For those here who work on other peoples snowblowers and mowers for money or who sell used equipment, do we have an obligation to tell them they need to use a fuel stabilizer such as Sta-Bil and/or fuel carb cleaner such as Seafoam, Gumout, Techron?

Shops don't do this. I'm tired of explaining what it is,what it does, the importance of it, how much to use, how often. Then 99% don't do it! I've wasted my time and time is money, time is relaxation, time is time spent with my family, time is spent on my own projects, then there is the frustration I have.

If we don't tell them to use it, then somewhere down the road we are guaranteed to get it back for an income repair. 

Now I quickly and lightly mention it to them to use them (satisfied my conscious!) since most won't do it, I will get the equipment back somewhere down the road, and I'm a nice guy that cares about them. I've also discovered the people that do buy it, don't go ahead and use it, forget to use it, or tired of doing it.

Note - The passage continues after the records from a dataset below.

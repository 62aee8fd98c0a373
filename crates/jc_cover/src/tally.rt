//! The counters of a class, put together body by body.
ghost use Rattle.std.specs.Prelude.{◌≡◌, ◌++◌, ◌∷◌, [], List as Seq, Bool, OnOk};
ghost use Rattle.jc_bytes.specs.FirstSeen.{seen_behind};
ghost use Rattle.jc_methods.specs.declared.body.Body.{Body as MethodBody};
ghost use Rattle.jc_cover.specs.Counters.{counters_of};
ghost use Rattle.jc_cover.specs.Marking.{coverage_of};
ghost use Rattle.jc_cover.specs.Tally.{IsNext, IsTally};

use crate::counting::count_method;
use crate::coverage::{Count, Counters};
use crate::covering::body_values;
use crate::lines::Lines;
use crate::sums::{Sums, no_sums};
use indexmap::IndexSet;
use jc_bytes::Memory;
use jc_methods::{Body, Plan};
use std::alloc::Global;

/// The counters of the first bodies of a class. The others are put in one after the other, and none is kept.
#[derive(Drop)]
pub struct Tally {
    /// What the methods add to the counters but that of lines.
    pub sums: Sums,
    /// Their lines, each once.
    pub lines: IndexSet<u32>,
    /// Those of which an instruction is covered.
    pub covered: IndexSet<u32>,
}

/// Puts numbers into a set, one after the other.
fn put_numbers(set: &mut IndexSet<u32>, numbers: &[u32]) -> Result<(), Memory>
    ensures { OnOk result (set.new.keys ≡ seen_behind set.old.keys numbers.now) }
{
    'putting: for number in numbers {
        set.insert(*number)?;
    }
    Ok(())
}

impl Tally {
    /// Of no body.
    pub fn new(alloc: Global) -> Self
        ensures { (hits : Seq Bool) → IsTally [] hits result }
    {
        Tally {
            sums: no_sums(),
            lines: IndexSet::new(alloc),
            covered: IndexSet::new(alloc),
        }
    }

    /// Counts one more body by the hits of the class's probes. It takes room in proportion to the instructions of the body and to
    /// the number of different lines.
    ///
    /// # Errors
    ///
    /// `Memory` where memory was refused. Then the tally is of no use.
    pub fn add(
        &mut self,
        alloc: Global,
        body: &Body,
        plan: &Plan,
        hits: &[bool],
    ) -> Result<(), Memory>
        requires { (bodies : Seq MethodBody) × IsTally bodies hits.now self.old × IsNext bodies body.now plan.now }
        ensures { (bodies : Seq MethodBody) → IsTally bodies hits.now self.old → IsNext bodies body.now plan.now
            → OnOk result (IsTally (bodies ++ body.now ∷ []) hits.now self.new) }
    {
        let insns = body_values(alloc, body, plan, hits)?;
        let mut lines = Lines {
            all: Vec::new(alloc),
            covered: Vec::new(alloc),
        };
        count_method(alloc, &mut self.sums, &mut lines, body, &insns)?;
        put_numbers(&mut self.lines, &lines.all)?;
        put_numbers(&mut self.covered, &lines.covered)?;
        Ok(())
    }

    /// The counters of these bodies (JaCoCo's documentation on coverage counters): those of [`crate::counters`] for the coverage
    /// of [`crate::covered`], by the same hits.
    pub fn counters(&self) -> Counters
        requires { (bodies : Seq MethodBody) × (hits : Seq Bool) × IsTally bodies hits self.now }
        ensures { (bodies : Seq MethodBody) (hits : Seq Bool) → IsTally bodies hits self.now
            → result ≡ counters_of bodies (coverage_of bodies hits) }
    {
        let lines = self.lines.as_slice().len();
        let covered = self.covered.as_slice().len();
        Counters {
            instruction: self.sums.instruction,
            branch: self.sums.branch,
            line: Count {
                missed: (lines - covered) as u32,
                covered: covered as u32,
            },
            complexity: self.sums.complexity,
            method: self.sums.method,
        }
    }
}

I now put both Sta-Bil and Seafoam in my stored gas thus it's in my snow blowers tank automatically. Same during the summer for my mowers. And initially in the customers.

When I work on someone's blower or mower, I always drain the gas prior to any work as I want fresh gas in there that has no water in it when I give it back to them. And I always give then a full tank of gas that I know is good. This way when they call me up a few weeks later when it doesn't start, i ask if they put gas in it when they ran out or got low, Yes, so it ran great when you took it and used it, until you put your gas in it? ........ Lol Yea.


----------



## orangputeh (Nov 24, 2016)

people appreciate honesty and in the long run you will be rewarded for it. they may not have a starting problem or a surging carb that needs a cleaning but they will come back to you for other repairs because in their heads they are saying " this guy is honest and will do right by me "

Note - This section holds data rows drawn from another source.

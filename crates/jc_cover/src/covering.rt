//! Which edges of a class are covered.
ghost use Rattle.std.specs.Prelude.{◌≡◌, ℕ, map, length, option_map, IfSome, IfOk};
ghost use Rattle.jc_methods.specs.WellMade.{IsCode};
ghost use Rattle.jc_plan.specs.Analysed.{IsAnalysed};
ghost use Rattle.jc_plan.specs.Plan.{plan_of};
ghost use Rattle.jc_cover.specs.Covered.{hits_or_none, TellsCovered};
ghost use Rattle.jc_cover.specs.Marking.{is_marked, body_values, coverage_of};
ghost use Rattle.jc_cover.specs.Planned.{told};

use crate::coverage::Coverage;
use crate::marking::{is_hit, marks, sources};
use crate::planned::{PlannedBranch, body_branches};
use jc_bytes::{List, Memory};
use jc_methods::{Analysed, Body, Plan};
use std::alloc::Global;

/// Whether the instruction at a place is marked.
fn is_marked(marks: &[bool], place: Option<u32>) -> bool
    ensures { result ≡ is_marked marks.now place }
{
    match place {
        Some(at) => marks.get(at as usize).copied().unwrap_or(false),
        None => false,
    }
}

/// Whether a branch is covered: by its probe, or where it has none by the instruction to which it
/// leads.
fn is_covered(branch: PlannedBranch, hits: &[bool], marks: &[bool]) -> bool
    ensures { result ≡ told hits.now marks.now branch }
{
    match branch.probe {
        Some(_) => is_hit(branch.probe, hits),
        None => is_marked(marks, branch.to),
    }
}

/// For each branch, whether it is covered.
fn insn_values(
    alloc: Global,
    branches: &[PlannedBranch],
    hits: &[bool],
    marks: &[bool],
) -> Result<List<bool>, Memory>
    ensures { IfOk result (λ values. values ≡ map (told hits.now marks.now) branches.now) }
{
    let mut values = List::new(alloc);
    'telling: for branch in branches {
        values.push(is_covered(*branch, hits, marks))?;
    }
    Ok(values)
}

/// For each instruction and each of its branches, whether it is covered.
fn told_values(
    alloc: Global,
    branches: &[List<PlannedBranch>],
    hits: &[bool],
    marks: &[bool],
) -> Result<List<List<bool>>, Memory>
    ensures { IfOk result (λ values. values ≡ map (map (told hits.now marks.now)) branches.now) }
{
    let mut values = List::new(alloc);
    'telling: for branches in branches {
        values.push(insn_values(alloc, branches, hits, marks)?)?;
    }
    Ok(values)
}

/// The values of a body whose first id is `first`.
pub fn body_values(
    alloc: Global,
    body: &Body,
    plan: &Plan,
    hits: &[bool],
) -> Result<List<List<bool>>, Memory>
    ghost first: { ℕ }
    requires made { IsCode body.now.code }
    requires plan { plan.now ≡ plan_of body.now first }
    ensures { IfOk result (λ values. values ≡ body_values body.now first hits.now) }
{
    let branches = body_branches(alloc, body, plan)?;
    let sources = sources(alloc, &branches)?;
    let marks = marks(alloc, &branches, &sources, hits)?;
    let values = told_values(alloc, &branches, hits, &marks)?;
    Ok(values)
}

/// The hits, or none.
fn hits_or_none(hits: Option<&[bool]>) -> &[bool]
    ensures { result.now ≡ hits_or_none (option_map (λ hits. hits.now) hits.entry) }
{
    match hits {
        Some(hits) => hits,
        None => &[],
    }
}

/// Which edges of a class are covered by hits of its probes. `None` stands for no hit.
///
/// An edge with a probe is covered where its probe is hit. An edge without a probe leads to an
/// instruction, and is covered where an edge of that instruction is (JaCoCo's documentation on
/// control flow). That takes time in proportion to the edges.
///
/// # Errors
///
/// `Memory` where memory was refused.
pub fn covered(alloc: Global, class: &Analysed, hits: Option<&[bool]>) -> Result<Coverage, Memory>
    requires analysed { IsAnalysed class.now }
    requires hits { IfSome hits (λ hits. length hits.now ≡ class.now.probes) }
    ensures value { IfOk result (λ coverage. coverage
        ≡ coverage_of class.now.bodies (hits_or_none (option_map (λ hits. hits.now) hits.entry))) }
    ensures told { IfOk result (λ coverage. TellsCovered class.now.bodies
        (hits_or_none (option_map (λ hits. hits.now) hits.entry)) coverage) }
{
    let hits = hits_or_none(hits);
    let mut edges = List::new(alloc);
    'covering: for (number, body) in class.bodies.iter().enumerate() {
        edges.push(body_values(alloc, body, &class.plans[number], hits)?)?;
    }
    Ok(Coverage { edges })
}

anytime your conscious is bothering you because of something you did not disclose it is because your guardian angel is trying to make you do the right thing.

we have an auto mechanic in town who is honest to a fault. he works out of a crappy old garage which is filthy, does a ton of work "pro bono" , refers people to other garages if he can't do a repair , uses used parts if he can , charges a reasonable labor rate and basically uses the "Golden Rule" when conducting his business.

and surprise-surprise!!!! he has so many people he can barely keep up. his sons work with him. it's a whole family affair with the daughter handling the front desk. he is so busy he had to stop taking new clients. he just works with his old existing clients. he could be a multi-millionaire if he wanted to expand and modernize but is happy the way he is. I have had several good talks with him about his philosophy. 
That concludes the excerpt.